Nigerian Electricity Regulatory Commission (NERC) yesterday said the federal government introduced the capping order on estimated billing for unmetered customers to ensure fairness and parity with their metered counterparts.
The commissioner in charge of Legal, Licensing and Compliance, Mr Dafe Akpeneye, said at a web conference organised by PricewaterhouseCoopers (PwC) that since the Discos failed in their responsibility to meter customers, the only option was to resort to estimation.
He spoke just as the federal government handed over the Afam Power Plant in Oyigbo Local Government of Rivers State to Transcorp Power Consortium, which emerged the preferred bidder of the power asset, with a bid offer of N105.3 billion.
However, Akpeneye described the development as temporary, noting that no customer should pay more than their metered neighbours in the same vicinity and under a similar classification.
He said: “The issue of estimated billing came about as a bridge to manage the interests of the utilities’ interest of providing power and the customers’ interest of paying for power.
“Under an ideal situation, the meter is an assurance that the utility should get paid for what it delivers and the customer pays for what he consumes. But we have found ourselves in a situation whereby when the assets were handed over, metering wasn’t a priority when the utilities were owned by the federal government.
“And if you look at the Nigerian demographics, with the way the population is expanding, rapid urbanisation with new connections coming to the grid, the metering of these customers has become a problem.

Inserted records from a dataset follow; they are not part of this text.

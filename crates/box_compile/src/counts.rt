//! Numbers of words and places, as far as they fit.
ghost use Rattle.std.specs.Prelude.{◌≡◌, ◌+◌, IfOk};

use std::alloc::AllocError;

/// So many, if they fit.
pub(crate) fn count(many: usize) -> Result<u32, AllocError>
    ensures { IfOk result (λ count. count ≡ many) }
{
    if many > 0xffff_ffff {
        return Err(AllocError);
    }
    Ok(many as u32)
}

/// The sum, if it fits.
pub(crate) fn plus(first: u32, second: u32) -> Result<u32, AllocError>
    ensures { IfOk result (λ sum. sum ≡ first + second) }
{
    match first.checked_add(second) {
        None => Err(AllocError),
        Some(sum) => Ok(sum),
    }
}
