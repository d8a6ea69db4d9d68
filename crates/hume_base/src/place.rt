ghost use Rattle.std.specs.Prelude.{◌≡◌, ◌≤◌, length};
ghost use Rattle.hume_base.specs.Places.{line_at};

use crate::limits::MAX_SOURCE_BYTES;

/// The line of a place, counted from 1.
pub fn line_of(bytes: &[u8], place: u32) -> u32
    requires within { place ≤ length bytes.now }
    requires small { place ≤ MAX_SOURCE_BYTES }
    ensures { result ≡ line_at bytes.now place }
{
    let before = &bytes[..place as usize];
    1 + before.iter().filter(|byte| **byte == b'\n').count() as u32
}
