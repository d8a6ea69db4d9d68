//! The line of each place of a source, found in constant time.
//!
//! `LineTable::make` goes once over the text of a source, and `line` looks up the line of a place (`Places.antt` of
//! `hume_base`); a place past the end has the line of the end. The table borrows the text and takes four bytes for each byte of
//! it (the private `Lines.antt`).
//!
//! Proved: `LineTable::line` gives the line of each place of a text, in constant time.
//!
//! It knows bytes and places. It doesn't know tokens, declarations, or what is reported of a line.

mod table;

pub use table::LineTable;
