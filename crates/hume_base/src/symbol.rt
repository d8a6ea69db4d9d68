ghost use Rattle.std.specs.Prelude.{◌≡◌, ◌↔◌, IsTrue, Some, bytes_eq};
ghost use Rattle.std.specs.List.{find};
ghost use Rattle.hume_base.specs.Symbols.{symbol_text, symbol_of};
ghost use Rattle.hume_base.specs.inner.FirstLetters.{symbols_with};

/// A token of signs, named for its spelling.
#[derive(Clone, Copy, Debug, PartialEq, Eq)]
pub enum Symbol {
    OpenParen,
    CloseParen,
    OpenAngles,
    CloseAngles,
    Less,
    LessEquals,
    Greater,
    GreaterEquals,
    DoubleEquals,
    SlashEquals,
    Equals,
    Arrow,
    Bar,
    Comma,
    Semicolon,
    DoubleColon,
    Dot,
    Underscore,
    UnderscoreStar,
    Star,
    Plus,
    Minus,
    At,
}

impl Symbol {
    pub fn text(self) -> &'static [u8]
        ensures { result.now ≡ symbol_text self }
    {
        match self {
            Symbol::OpenParen => b"(",
            Symbol::CloseParen => b")",
            Symbol::OpenAngles => b"<<",
            Symbol::CloseAngles => b">>",
            Symbol::Less => b"<",
            Symbol::LessEquals => b"<=",
            Symbol::Greater => b">",
            Symbol::GreaterEquals => b">=",
            Symbol::DoubleEquals => b"==",
            Symbol::SlashEquals => b"/=",
            Symbol::Equals => b"=",
            Symbol::Arrow => b"->",
            Symbol::Bar => b"|",
            Symbol::Comma => b",",
            Symbol::Semicolon => b";",
            Symbol::DoubleColon => b"::",
            Symbol::Dot => b".",
            Symbol::Underscore => b"_",
            Symbol::UnderscoreStar => b"_*",
            Symbol::Star => b"*",
            Symbol::Plus => b"+",
            Symbol::Minus => b"-",
            Symbol::At => b"@",
        }
    }

    /// The symbol that is spelled so.
    pub fn from_text(text: &[u8]) -> Option<Symbol>
        ensures found { result ≡ symbol_of text.now }
        ensures exact { (symbol : Symbol) → (result ≡ Some symbol) ↔ (text.now ≡ symbol_text symbol) }
    {
        match text {
            [] => None,
            [first, ..] => find_among(starting_with(*first), text),
        }
    }

    /// Whether two are the same; a clause learns more from it than from `==`.
    pub fn is(self, other: Symbol) -> bool
        ensures { IsTrue result ↔ (self ≡ other) }
    {
        self == other
    }
}

/// The symbols that begin with the byte.
fn starting_with(byte: u8) -> &'static [Symbol]
    ensures { result.now ≡ symbols_with byte }
{
    match byte {
        b'(' => &[Symbol::OpenParen],
        b')' => &[Symbol::CloseParen],
        b'<' => &[Symbol::OpenAngles, Symbol::Less, Symbol::LessEquals],
        b'>' => &[Symbol::CloseAngles, Symbol::Greater, Symbol::GreaterEquals],
        b'=' => &[Symbol::DoubleEquals, Symbol::Equals],
        b'/' => &[Symbol::SlashEquals],
        b'-' => &[Symbol::Arrow, Symbol::Minus],
        b'|' => &[Symbol::Bar],
        b',' => &[Symbol::Comma],
        b';' => &[Symbol::Semicolon],
        b':' => &[Symbol::DoubleColon],
        b'.' => &[Symbol::Dot],
        b'_' => &[Symbol::Underscore, Symbol::UnderscoreStar],
        b'*' => &[Symbol::Star],
        b'+' => &[Symbol::Plus],
        b'@' => &[Symbol::At],
        _ => &[],
    }
}

fn find_among(some: &[Symbol], text: &[u8]) -> Option<Symbol>
    ensures { result ≡ find (λ symbol. bytes_eq (symbol_text symbol) text.now) some.now }
{
    some.iter().copied().find(|symbol| symbol.text() == text)
}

“One of the key requirements is for the Discos to bridge the metering gap because the problem we had to deal with was because of their inability to do that on time. We had to balance the fact that customers receive power without meter and devise a way to make sure customers have electricity without having a meter.
“Therefore, the estimated billing methodology was introduced . But that was supposed to be temporary, certain things were not done. So, estimated billing became the number one consumer complaint in the industry.”
The NERC stated that exiting the estimated billing regime is impossible for now, adding that since it is not practicable to meter everyone at once, the practice will continue for a while until the issues are resolved.
“Because we realised that meters can’t be rolled out for everyone, something had to be done to balance it out. Some measure of fair estimation had to be put in place.
“The commission developed the capping order. What this seeks to try to create is parity between metered customers and unmetered customers. So, we have someone who lives in a duplex in a certain part of town who is unmetered and we created a scenario whereby one who is unmetered does not pay more than the metered, so that they both pay almost the same thing,” he added.
In his intervention, the Director General, Bureau of Public Enterprises (BPE), Mr Alex Okoh, said the privatisation of the power sector in Nigeria remains the most ambitious of its type in Africa.
According to him, though the sector is not where it should be because of lack of investments, it has improved since it was handed over to private individuals to manage.
He said: “South Africa has 4,904 kwh per capita while Nigeria has 300kwh per capita. Now for the biggest economy in Africa, that says a lot.
“This sort of challenges prompted the bold decision to reform the power sector. So, in 2005, ESPRA was enacted and essentially was geared towards breaking the monopoly of NEPA.
“It was also to make the sector attractive. That particular action led to the unbundling to Gencos, TCN and Discos. Prior to this , electricity was generally poor. We are talking 1,500mw across the value chain.
“Post-privatisation, we have seen significant improvement and impact of privatisation of the power sector. We are just 10 years.
“There are interventions that are currently going on to correct some of the shortcomings of the privatisation exercise. Let’s not also forget that the power sector privatisation in Nigeria is perhaps the biggest privatisation programme in the continent of Africa.
“Were we rather overambitious in this privatisation. I don’t think so. Could we have taken a modulated approach to it? Maybe. But I think the decision was bold to address the lack of investment in the sector.”
In his remarks, former Minister of Power, Prof. Barth Nnaji, said government must strive to draw private sector investment to ensure sustainable supply of power.
He stated that with the right environment, the Discos can conveniently pay for power, as was shown by Eko and a few others at a point, adding that the bulk trading arrangement should be jettisoned once the Discos become credit worthy.